# Awesome Smelling Herbal Shampoo~



## Thumper (Feb 18, 2007)

I have been contemplating this shampoo-bar and conditioner for awhile (I hate wasting money on more grooming products I end up NOT liking!) But this one is a keeper...and decently priced 

Good Clean Dog or Sweet Petula

http://www.etsy.com/shop.php?user_id=5738666

I bought the bar/soap shampoo ($8) and then the $9 Conditioner/detangler I used the bar-shampoo and surprisingly it was NOT as hard and as much of a PITA as I thought it would be, she lathered up pretty quickly and her coat is CLEAN, very clean. I think I am preferring the bar-shampoos these days (for myself too!) They just get your hair so much cleaner, IMO..

Anyhow...the conditioner isn't very big, but a little goes a decent way, it is sort of an oil based, so you don't need much, I worked it though her coat and rinsed, but also used a wee bit as a leave in. The bar of poo will last a LONG long time..lol

Did I mention this is GREAT SMELLING STUFF?! lol

(No,I'm not affilited, nor do I get anything for promoting,but I do think it is worth every penny of the $17 for the bar and the detangler/conditioner) But if you are on the lookout...

It has a herbal-oil flea repellent scent? I'm guessing it is the castor or coconut? I should ask, ehh? 

Kara


----------



## casperkeep (May 16, 2007)

The site looks really interesting...going to shop through it when I have more time. Thanks Kara~~anymore clothing sites that you have found recently? I know Miss.Gucci has a wordrobe of things.


----------



## pjewel (Apr 11, 2007)

Kara,

Funny you should mention this today. I had just ordered Plum Silky shampoo, their conditioner and Quicker Slicker for the boys. I used it for the first time on Bailey last night and that stuff is *so* aromatic. I was having a little bit of an allergy attack while bathing him, exacerbated by the use of the Quicker Slicker. Why do these companies have to add so much perfume to these products? It's funny because when he was dry, he didn't smell much at all. I can't decide whether I like the way he looks either, though he's very fluffy and did look a little like he had that show dog coat for a minute or two last night. The Isle of Dogs stuff I was using before seemed to keep his coat more silky, shiny and of course I bought the larger size of everything, thinking it was more practical. ound: I should know better.

I wonder if it would be worthwhile to just get the bar shampoo to try without all the other stuff. BTW, the Quicker Slicker did make combing the less horrific mats out of his hair easier.

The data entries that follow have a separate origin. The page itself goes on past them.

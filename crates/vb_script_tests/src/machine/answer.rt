//! Answers as they are printed.
use crate::machine::text::Text;

/// Adds an index, or that there is none.
pub(crate) fn add_place(text: &mut Text, place: Option<usize>) {
    match place {
        Some(place) => text.add_number(place),
        None => text.add("none"),
    }
}

/// Adds each bit as a digit.
pub(crate) fn add_bits(text: &mut Text, bits: &[bool]) {
    for bit in bits {
        text.add(if *bit { "1" } else { "0" });
    }
}

/// Adds the indices of the true bits.
pub(crate) fn add_places(text: &mut Text, bits: &[bool]) {
    for (place, bit) in bits.iter().enumerate() {
        if *bit {
            text.add_item(place);
        }
    }
}

/// Adds the runs of true bits: where each begins, and the index after its end.
pub(crate) fn add_runs(text: &mut Text, bits: &[bool]) {
    let mut before = false;
    for (place, bit) in bits.iter().chain(&[false]).enumerate() {
        if *bit && !before {
            text.add_item(place);
        }
        if before && !*bit {
            text.add("-");
            text.add_number(place);
        }
        before = *bit;
    }
}

/// Adds the length and the first 16 bits.
pub(crate) fn add_shown(text: &mut Text, bits: &[bool]) {
    text.add("BitBuffer { len: ");
    text.add_number(bits.len());
    text.add(", buffer: [");
    for (place, bit) in bits.iter().take(16).enumerate() {
        text.add(if place == 0 { "" } else { ", " });
        text.add(if *bit { "true" } else { "false" });
    }
    text.add("] }");
}
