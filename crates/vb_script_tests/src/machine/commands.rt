//! The form of each command's line, and how the command changes a plain list, or its answer.
use crate::machine::answer::{add_bits, add_place, add_places, add_runs, add_shown};
use crate::machine::form::Form;
use crate::machine::form::Kind::{
    Frozen, Held, Hex, Indexes, Mode, Number, Numbers, Open, Truth, Vacant, Validity,
};
use crate::machine::form::Memory::{Asks, Never};
use crate::machine::form::Then::{Answers, Empties, Freezes, Keeps, Opens};
use crate::machine::line::Call;
use crate::machine::list::{
    combine, count, cut, fill, lengthen, name_places, nth_place, part, take, window,
};
use crate::machine::stop::Stop;
use crate::machine::text::Text;

/// The form of the command of this name.
pub fn form_of(name: &str) -> Option<&'static Form> {
    for form in FORMS {
        if form.0 == name {
            return Some(form);
        }
    }
    None
}

/// The form of each command.
pub const FORMS: &[Form] = &[
    Form("import", &[Vacant, Number, Number, Hex], Opens, Asks),
    Form("full", &[Vacant, Truth, Number], Opens, Asks),
    Form("indices", &[Vacant, Number, Numbers], Opens, Asks),
    Form("set", &[Open, Number, Truth], Opens, Never),
    Form("append", &[Open, Truth], Opens, Asks),
    Form("appendn", &[Open, Truth, Number], Opens, Asks),
    Form("appendset", &[Open, Frozen], Opens, Asks),
    Form("fill", &[Open, Number, Number, Truth], Opens, Never),
    Form("truncate", &[Open, Number], Opens, Never),
    Form("clear", &[Open], Opens, Never),
    Form("flip", &[Open], Opens, Never),
    Form("freeze", &[Open], Freezes, Asks),
    Form("thaw", &[Frozen], Opens, Asks),
    Form("clone", &[Held, Vacant], Keeps, Asks),
    Form("slice", &[Frozen, Number, Number, Vacant], Freezes, Asks),
    Form("sliced", &[Frozen, Vacant], Freezes, Asks),
    Form("drop", &[Held], Empties, Never),
    Form("and", &[Mode, Frozen, Frozen, Vacant], Freezes, Asks),
    Form("or", &[Mode, Frozen, Frozen, Vacant], Freezes, Asks),
    Form("xor", &[Mode, Frozen, Frozen, Vacant], Freezes, Asks),
    Form("andnot", &[Mode, Frozen, Frozen, Vacant], Freezes, Asks),
    Form("not", &[Mode, Frozen, Vacant], Freezes, Asks),
    Form("take", &[Frozen, Vacant, Validity, Indexes], Freezes, Asks),
    Form("len", &[Held], Answers, Never),
    Form("count", &[Held], Answers, Never),
    Form("get", &[Held, Number], Answers, Never),
    Form("countrange", &[Held, Number, Number], Answers, Never),
    Form("select", &[Held, Number], Answers, Never),
    Form("selectunset", &[Held, Number], Answers, Never),
    Form("last", &[Held], Answers, Never),
    Form("bits", &[Held], Answers, Asks),
    Form("places", &[Held], Answers, Asks),
    Form("runs", &[Held], Answers, Asks),
    Form("show", &[Frozen], Answers, Asks),
    Form("eq", &[Held, Held], Answers, Never),
];

/// The lists of the slots that the first three words name, or no bits.
#[derive(Clone, Copy)]
pub(crate) struct Named<'a> {
    pub(crate) first: &'a [bool],
    pub(crate) second: &'a [bool],
    pub(crate) third: &'a [bool],
}

/// Applies the command to `bits`: the list of the first slot that the line names, or no bits.
pub(crate) fn change(call: Call<'_>, named: Named<'_>, bits: &mut Vec<bool>) -> Result<(), Stop> {
    let (a, b, c) = (call.number(2), call.number(3), call.number(4));
    let items = call.items();
    match call.name {
        "import" => window(bits, a, b, items),
        "full" | "appendn" => lengthen(bits, a == 1, b),
        "append" => lengthen(bits, a == 1, 1),
        "appendset" => Ok(bits.extend_from_slice(named.second)?),
        "indices" => name_places(bits, a, items),
        "set" => fill(bits, a, a.saturating_add(1), b == 1),
        "fill" => fill(bits, a, b, c == 1),
        "slice" => cut(bits, a, b),
        "truncate" => cut(bits, 0, a.min(bits.len())),
        "clear" => cut(bits, 0, 0),
        "and" | "or" | "xor" | "andnot" => combine(bits, call.name, named.third),
        "take" => {
            let counts = (call.word(3) != "-").then_some(named.third);
            take(bits, named.first, counts, items)
        }
        "flip" | "not" => {
            for bit in bits.iter_mut() {
                *bit = !*bit;
            }
            Ok(())
        }
        // All other commands leave the list unchanged.
        _ => Ok(()),
    }
}

/// Adds the answer of a question to an empty text. Only `eq` reads the other list.
pub(crate) fn answer(
    text: &mut Text,
    call: Call<'_>,
    bits: &[bool],
    other: &[bool],
) -> Result<(), Stop> {
    let (a, b) = (call.number(2), call.number(3));
    match call.name {
        "len" => text.add_number(bits.len()),
        "count" => text.add_number(count(bits)),
        "countrange" => text.add_number(count(part(bits, a, b)?)),
        "get" => add_bits(text, part(bits, a, a.saturating_add(1))?),
        "eq" => add_bits(text, &[bits == other]),
        "select" => add_place(text, nth_place(bits, true, a)),
        "selectunset" => add_place(text, nth_place(bits, false, a)),
        "last" => add_place(text, nth_place(bits, true, count(bits).wrapping_sub(1))),
        "bits" => add_bits(text, bits),
        "places" => add_places(text, bits),
        "runs" => add_runs(text, bits),
        _ => add_shown(text, bits),
    }
    // A list of nothing is a dash.
    if text.len() == 0 {
        text.add("-");
    }
    Ok(())
}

We're deep into coat blowing stage now and it's a nightmare for the both of us.

An aside, I miss you around here lady.


----------



## Thumper (Feb 18, 2007)

Geri..Megan :kiss: I miss you ladies, too!  I am going to spend more time here, I swear..I'll just block out a certain time frame and do nothing but forum and coffee!! I don't know my life got so chaotic, but it needs to slow down. I think the kids getting out of school will help, lessen SOME of my chores anyways.

Ya know...now that you mention it, I didn't have an allergic reaction to the stuff (and I usually do to many scents!) I don't think its an overwhelming scent left on her, just a really good one 

But I think they DO put so much in the poos' and conditioners because so many breeds smell more like *dog* than our precious havs do, right? lol They only stink when they roll around on turds or dead frogs!!!! ound: I hope I just didn't curse myself with that one.

The Isle of dog, I do love that stuff, but dang.....it is so expensive and it seems like I have to use more of the conditioner with that one than I do some other ones to get her coat that silky. It is still in the top 3.

Megan, I don't think I have found any new clothes sites lately, she hasn't been getting dressed up as much because I dread combing the mats out after she wears clothes!  ugh. The kids keep telling me to cut her hair, ehh...I dunno.

:grouphug:

PS. She's being a lil' hellion today!!! Into EVERYTHING, snatching pens...running...snatching empty water bottles....running...eeks!


----------



## Sheri (Oct 11, 2008)

Thanks for the info on the new soap and conditioner. I have a plentiful supply left thus far and can't spend more, but am going to save the info for when I need more. Keep us posted on how this works over the long-haul, would you?

Gucci must be at work with you? How wonderful to be able to have her with you while you work!!!


----------



## Thumper (Feb 18, 2007)

Sheri, she practically NEVER leaves my side, basically..only when I have to go to the grocery store, most of the other places (fabric store, post office) they let me carry her in her bag on my shoulder! lol I love having her with me though.


----------



## Sam375 (Feb 2, 2009)

Thumperlove said:


> Sheri, she practically NEVER leaves my side, basically..only when I have to go to the grocery store, most of the other places (fabric store, post office) they let me carry her in her bag on my shoulder! lol I love having her with me though.


Man what a life, if their is reincarnation, I want to come back as your dog:whoo: What a lucky dog, such a good mommy


----------



## JASHavanese (Apr 24, 2007)

Kara, you're so talented, why don't you come up with your own line of products?


----------



## JASHavanese (Apr 24, 2007)

Thumperlove said:


> Geri..Megan :kiss: I miss you ladies, too!  I am going to spend more time here, I swear!


Well, it's about darn time you did that woman!! We're holding you to it too!


----------



## Thumper (Feb 18, 2007)

Jan, I dunno...making shampoo may be a bit much for me! LOL I am happy with day 3 post bath, still lookin' good, no serious matting, just the typical underarm/harnass BS. 

She is spoiled, Sheri! I'd spoil you too  hehe


----------



## pjewel (Apr 11, 2007)

Kara,

Surprisingly, and I just mentioned this in another thread, the Plum Silky, Aloe Conditioner and Quicker Slicker have left Bailey's coat feeling silky soft and surprisingly pleasant (not strong) smelling and easy to brush through. He's going through major coat blowing right now which is challenging, but I think I'm going to like these products, even though I may have to wear a mask when I first apply the Quicker Slicker. It's so nice holding him close and having him smell like something other than dirt.


----------



## Mraymo (Oct 30, 2007)

Do you find that the bar causes more mats? I learned on here not to rub her too much with the towel (to cut down on mats). I was just wondering if rubbing the bar on her would create the same problem. Gucci looks great, glad to see you back on the forum.


----------